### Supplied data
Content starts

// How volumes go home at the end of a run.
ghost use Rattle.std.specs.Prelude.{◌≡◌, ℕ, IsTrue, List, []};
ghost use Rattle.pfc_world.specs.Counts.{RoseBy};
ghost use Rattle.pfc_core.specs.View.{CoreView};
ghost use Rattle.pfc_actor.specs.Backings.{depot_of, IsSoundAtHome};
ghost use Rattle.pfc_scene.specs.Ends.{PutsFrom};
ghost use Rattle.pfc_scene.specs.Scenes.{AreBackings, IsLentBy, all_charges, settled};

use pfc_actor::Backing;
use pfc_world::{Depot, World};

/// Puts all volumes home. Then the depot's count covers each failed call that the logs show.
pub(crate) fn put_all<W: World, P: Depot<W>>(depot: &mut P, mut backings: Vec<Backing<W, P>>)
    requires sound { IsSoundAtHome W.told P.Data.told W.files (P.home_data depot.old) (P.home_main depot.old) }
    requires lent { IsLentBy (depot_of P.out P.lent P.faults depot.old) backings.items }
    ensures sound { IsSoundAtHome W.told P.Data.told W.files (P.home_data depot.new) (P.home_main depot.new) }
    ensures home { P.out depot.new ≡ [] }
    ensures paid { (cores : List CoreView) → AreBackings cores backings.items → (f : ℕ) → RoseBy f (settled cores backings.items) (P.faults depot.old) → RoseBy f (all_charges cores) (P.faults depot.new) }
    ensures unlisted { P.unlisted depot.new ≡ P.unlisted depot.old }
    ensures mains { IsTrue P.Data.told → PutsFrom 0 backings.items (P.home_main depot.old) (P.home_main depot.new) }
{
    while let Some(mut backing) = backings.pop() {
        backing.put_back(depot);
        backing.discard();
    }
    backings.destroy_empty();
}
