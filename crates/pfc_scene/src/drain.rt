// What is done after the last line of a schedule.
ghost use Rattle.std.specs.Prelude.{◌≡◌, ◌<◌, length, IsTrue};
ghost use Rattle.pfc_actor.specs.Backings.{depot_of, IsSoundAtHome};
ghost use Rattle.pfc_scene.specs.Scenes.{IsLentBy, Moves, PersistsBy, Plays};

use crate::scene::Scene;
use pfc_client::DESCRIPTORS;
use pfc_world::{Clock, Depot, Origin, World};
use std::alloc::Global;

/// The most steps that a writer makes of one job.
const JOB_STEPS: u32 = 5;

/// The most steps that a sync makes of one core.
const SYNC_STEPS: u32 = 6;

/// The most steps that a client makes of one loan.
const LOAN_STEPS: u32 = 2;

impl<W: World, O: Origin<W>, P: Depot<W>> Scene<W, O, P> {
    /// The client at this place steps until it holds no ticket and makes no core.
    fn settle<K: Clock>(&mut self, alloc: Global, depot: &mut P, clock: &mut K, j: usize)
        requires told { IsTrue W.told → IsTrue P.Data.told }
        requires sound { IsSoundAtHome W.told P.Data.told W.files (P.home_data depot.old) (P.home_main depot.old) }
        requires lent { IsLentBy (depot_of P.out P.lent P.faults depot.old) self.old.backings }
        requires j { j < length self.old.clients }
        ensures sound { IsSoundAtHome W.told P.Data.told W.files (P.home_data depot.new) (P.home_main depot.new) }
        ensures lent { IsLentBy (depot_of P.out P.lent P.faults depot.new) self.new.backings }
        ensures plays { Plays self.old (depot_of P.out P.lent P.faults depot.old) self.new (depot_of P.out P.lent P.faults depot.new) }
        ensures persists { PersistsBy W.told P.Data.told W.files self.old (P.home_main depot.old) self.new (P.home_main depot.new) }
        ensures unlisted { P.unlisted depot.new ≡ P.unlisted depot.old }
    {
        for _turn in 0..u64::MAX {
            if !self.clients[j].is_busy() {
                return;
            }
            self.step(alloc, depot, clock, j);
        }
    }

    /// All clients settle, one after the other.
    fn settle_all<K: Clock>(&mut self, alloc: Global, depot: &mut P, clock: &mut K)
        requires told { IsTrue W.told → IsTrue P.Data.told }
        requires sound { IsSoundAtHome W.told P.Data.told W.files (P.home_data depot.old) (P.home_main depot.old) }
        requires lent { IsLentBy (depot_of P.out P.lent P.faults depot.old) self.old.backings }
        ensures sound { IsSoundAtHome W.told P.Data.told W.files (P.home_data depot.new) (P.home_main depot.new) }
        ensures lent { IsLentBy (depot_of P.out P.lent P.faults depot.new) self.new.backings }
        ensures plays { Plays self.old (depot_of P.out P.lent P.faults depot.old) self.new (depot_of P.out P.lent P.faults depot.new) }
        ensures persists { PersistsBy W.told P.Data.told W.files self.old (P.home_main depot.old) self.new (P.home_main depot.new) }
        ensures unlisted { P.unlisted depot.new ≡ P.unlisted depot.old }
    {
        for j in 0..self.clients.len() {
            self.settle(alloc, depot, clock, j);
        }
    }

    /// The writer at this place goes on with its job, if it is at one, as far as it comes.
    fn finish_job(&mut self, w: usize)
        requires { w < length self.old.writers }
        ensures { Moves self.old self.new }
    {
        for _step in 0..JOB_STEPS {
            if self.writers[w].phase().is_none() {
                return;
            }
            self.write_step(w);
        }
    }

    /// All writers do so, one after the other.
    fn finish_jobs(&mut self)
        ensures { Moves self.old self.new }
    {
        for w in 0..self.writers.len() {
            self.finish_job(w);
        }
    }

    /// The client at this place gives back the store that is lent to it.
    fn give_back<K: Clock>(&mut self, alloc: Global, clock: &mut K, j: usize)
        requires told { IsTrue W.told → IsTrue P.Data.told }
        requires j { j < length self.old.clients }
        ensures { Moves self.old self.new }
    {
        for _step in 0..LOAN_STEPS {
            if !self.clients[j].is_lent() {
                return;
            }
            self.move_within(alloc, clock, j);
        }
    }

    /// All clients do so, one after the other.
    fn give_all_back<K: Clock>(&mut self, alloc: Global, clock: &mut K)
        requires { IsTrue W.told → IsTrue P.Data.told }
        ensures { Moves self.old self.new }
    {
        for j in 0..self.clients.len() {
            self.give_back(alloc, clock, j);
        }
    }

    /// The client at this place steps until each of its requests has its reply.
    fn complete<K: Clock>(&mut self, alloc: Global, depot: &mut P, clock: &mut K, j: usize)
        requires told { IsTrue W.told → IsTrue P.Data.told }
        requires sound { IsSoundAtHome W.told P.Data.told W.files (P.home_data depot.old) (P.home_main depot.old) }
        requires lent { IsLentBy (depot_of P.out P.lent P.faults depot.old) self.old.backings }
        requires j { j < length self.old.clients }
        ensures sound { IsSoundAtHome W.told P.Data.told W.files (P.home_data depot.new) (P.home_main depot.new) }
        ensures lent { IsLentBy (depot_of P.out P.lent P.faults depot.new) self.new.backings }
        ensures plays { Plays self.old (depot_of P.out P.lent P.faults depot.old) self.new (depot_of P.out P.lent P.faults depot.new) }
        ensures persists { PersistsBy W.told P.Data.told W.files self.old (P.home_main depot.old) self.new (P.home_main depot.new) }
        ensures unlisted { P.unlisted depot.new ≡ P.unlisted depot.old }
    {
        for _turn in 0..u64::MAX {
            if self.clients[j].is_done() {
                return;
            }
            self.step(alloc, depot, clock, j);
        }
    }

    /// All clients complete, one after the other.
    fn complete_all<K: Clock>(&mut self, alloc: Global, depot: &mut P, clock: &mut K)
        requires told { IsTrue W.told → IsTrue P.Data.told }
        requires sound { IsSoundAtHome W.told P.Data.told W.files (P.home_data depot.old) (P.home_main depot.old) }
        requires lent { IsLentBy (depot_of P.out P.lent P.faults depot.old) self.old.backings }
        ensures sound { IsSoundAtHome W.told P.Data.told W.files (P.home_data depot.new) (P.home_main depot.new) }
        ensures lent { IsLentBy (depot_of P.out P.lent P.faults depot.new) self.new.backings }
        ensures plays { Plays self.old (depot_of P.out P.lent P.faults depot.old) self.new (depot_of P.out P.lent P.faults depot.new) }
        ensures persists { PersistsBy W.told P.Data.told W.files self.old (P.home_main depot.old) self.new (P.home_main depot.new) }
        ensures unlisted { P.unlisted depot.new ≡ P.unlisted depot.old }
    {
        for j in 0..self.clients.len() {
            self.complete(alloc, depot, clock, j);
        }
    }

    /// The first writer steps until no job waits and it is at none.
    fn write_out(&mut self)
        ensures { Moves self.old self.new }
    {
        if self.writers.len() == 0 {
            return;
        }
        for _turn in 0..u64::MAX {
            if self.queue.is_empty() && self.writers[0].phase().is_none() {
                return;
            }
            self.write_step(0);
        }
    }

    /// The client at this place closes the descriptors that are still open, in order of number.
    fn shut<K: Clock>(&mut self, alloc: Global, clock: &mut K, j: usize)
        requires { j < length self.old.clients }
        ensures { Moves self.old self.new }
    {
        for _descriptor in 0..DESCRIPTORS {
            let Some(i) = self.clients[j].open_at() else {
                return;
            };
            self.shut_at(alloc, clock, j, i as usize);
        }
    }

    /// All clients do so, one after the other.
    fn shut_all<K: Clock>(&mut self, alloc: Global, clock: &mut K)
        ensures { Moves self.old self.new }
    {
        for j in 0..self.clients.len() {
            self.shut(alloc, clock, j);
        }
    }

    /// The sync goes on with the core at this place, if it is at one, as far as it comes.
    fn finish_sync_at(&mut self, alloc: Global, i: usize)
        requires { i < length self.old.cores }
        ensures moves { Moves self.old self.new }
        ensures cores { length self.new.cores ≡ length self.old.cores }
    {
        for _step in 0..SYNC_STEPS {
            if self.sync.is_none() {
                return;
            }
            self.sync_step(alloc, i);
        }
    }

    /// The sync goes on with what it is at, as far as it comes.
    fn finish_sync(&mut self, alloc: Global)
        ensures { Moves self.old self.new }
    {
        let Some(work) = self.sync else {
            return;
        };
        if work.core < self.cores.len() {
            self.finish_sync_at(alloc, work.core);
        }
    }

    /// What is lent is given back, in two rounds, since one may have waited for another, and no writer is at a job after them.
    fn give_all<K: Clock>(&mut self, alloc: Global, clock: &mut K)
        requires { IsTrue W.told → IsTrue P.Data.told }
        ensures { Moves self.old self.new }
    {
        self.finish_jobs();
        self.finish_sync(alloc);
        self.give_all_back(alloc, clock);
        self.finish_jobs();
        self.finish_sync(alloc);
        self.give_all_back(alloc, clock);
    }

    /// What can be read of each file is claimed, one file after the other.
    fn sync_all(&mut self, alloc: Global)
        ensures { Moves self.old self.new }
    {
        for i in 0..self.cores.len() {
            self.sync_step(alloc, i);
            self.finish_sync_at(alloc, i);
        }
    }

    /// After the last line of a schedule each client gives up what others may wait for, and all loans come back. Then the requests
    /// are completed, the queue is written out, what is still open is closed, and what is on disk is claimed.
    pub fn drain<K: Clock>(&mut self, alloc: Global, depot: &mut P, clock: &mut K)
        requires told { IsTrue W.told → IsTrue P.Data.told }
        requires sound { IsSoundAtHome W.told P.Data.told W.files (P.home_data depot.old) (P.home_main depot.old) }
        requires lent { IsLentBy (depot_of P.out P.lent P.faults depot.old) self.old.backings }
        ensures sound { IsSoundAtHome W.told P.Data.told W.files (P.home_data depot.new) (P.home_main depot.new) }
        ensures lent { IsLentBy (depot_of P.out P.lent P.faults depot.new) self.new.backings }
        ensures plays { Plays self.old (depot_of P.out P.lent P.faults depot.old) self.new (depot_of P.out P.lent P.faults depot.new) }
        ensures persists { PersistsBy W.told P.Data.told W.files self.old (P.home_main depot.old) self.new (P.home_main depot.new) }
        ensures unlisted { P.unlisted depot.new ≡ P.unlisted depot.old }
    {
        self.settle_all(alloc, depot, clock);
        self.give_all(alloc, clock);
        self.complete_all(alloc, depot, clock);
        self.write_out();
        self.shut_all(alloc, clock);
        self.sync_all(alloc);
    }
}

Content ends

### Task brief
Emit, unaltered, the lines from the top of the listing down through the line that holds "impl<W: World, O: Origin<W>, P: Depot<W>>"; emit nothing else.

### Written reply
// How volumes go home at the end of a run.
ghost use Rattle.std.specs.Prelude.{◌≡◌, ℕ, IsTrue, List, []};
ghost use Rattle.pfc_world.specs.Counts.{RoseBy};
ghost use Rattle.pfc_core.specs.View.{CoreView};
ghost use Rattle.pfc_actor.specs.Backings.{depot_of, IsSoundAtHome};
ghost use Rattle.pfc_scene.specs.Ends.{PutsFrom};
ghost use Rattle.pfc_scene.specs.Scenes.{AreBackings, IsLentBy, all_charges, settled};

use pfc_actor::Backing;
use pfc_world::{Depot, World};

/// Puts all volumes home. Then the depot's count covers each failed call that the logs show.
pub(crate) fn put_all<W: World, P: Depot<W>>(depot: &mut P, mut backings: Vec<Backing<W, P>>)
    requires sound { IsSoundAtHome W.told P.Data.told W.files (P.home_data depot.old) (P.home_main depot.old) }
    requires lent { IsLentBy (depot_of P.out P.lent P.faults depot.old) backings.items }
    ensures sound { IsSoundAtHome W.told P.Data.told W.files (P.home_data depot.new) (P.home_main depot.new) }
    ensures home { P.out depot.new ≡ [] }
    ensures paid { (cores : List CoreView) → AreBackings cores backings.items → (f : ℕ) → RoseBy f (settled cores backings.items) (P.faults depot.old) → RoseBy f (all_charges cores) (P.faults depot.new) }
    ensures unlisted { P.unlisted depot.new ≡ P.unlisted depot.old }
    ensures mains { IsTrue P.Data.told → PutsFrom 0 backings.items (P.home_main depot.old) (P.home_main depot.new) }
{
    while let Some(mut backing) = backings.pop() {
        backing.put_back(depot);
        backing.discard();
    }
    backings.destroy_empty();
}
filename crates/pfc_scene/src/drain.rt
// What is done after the last line of a schedule.
ghost use Rattle.std.specs.Prelude.{◌≡◌, ◌<◌, length, IsTrue};
ghost use Rattle.pfc_actor.specs.Backings.{depot_of, IsSoundAtHome};
ghost use Rattle.pfc_scene.specs.Scenes.{IsLentBy, Moves, PersistsBy, Plays};

use crate::scene::Scene;
use pfc_client::DESCRIPTORS;
use pfc_world::{Clock, Depot, Origin, World};
use std::alloc::Global;

/// The most steps that a writer makes of one job.
const JOB_STEPS: u32 = 5;

/// The most steps that a sync makes of one core.
const SYNC_STEPS: u32 = 6;

/// The most steps that a client makes of one loan.
const LOAN_STEPS: u32 = 2;

impl<W: World, O: Origin<W>, P: Depot<W>> Scene<W, O, P> {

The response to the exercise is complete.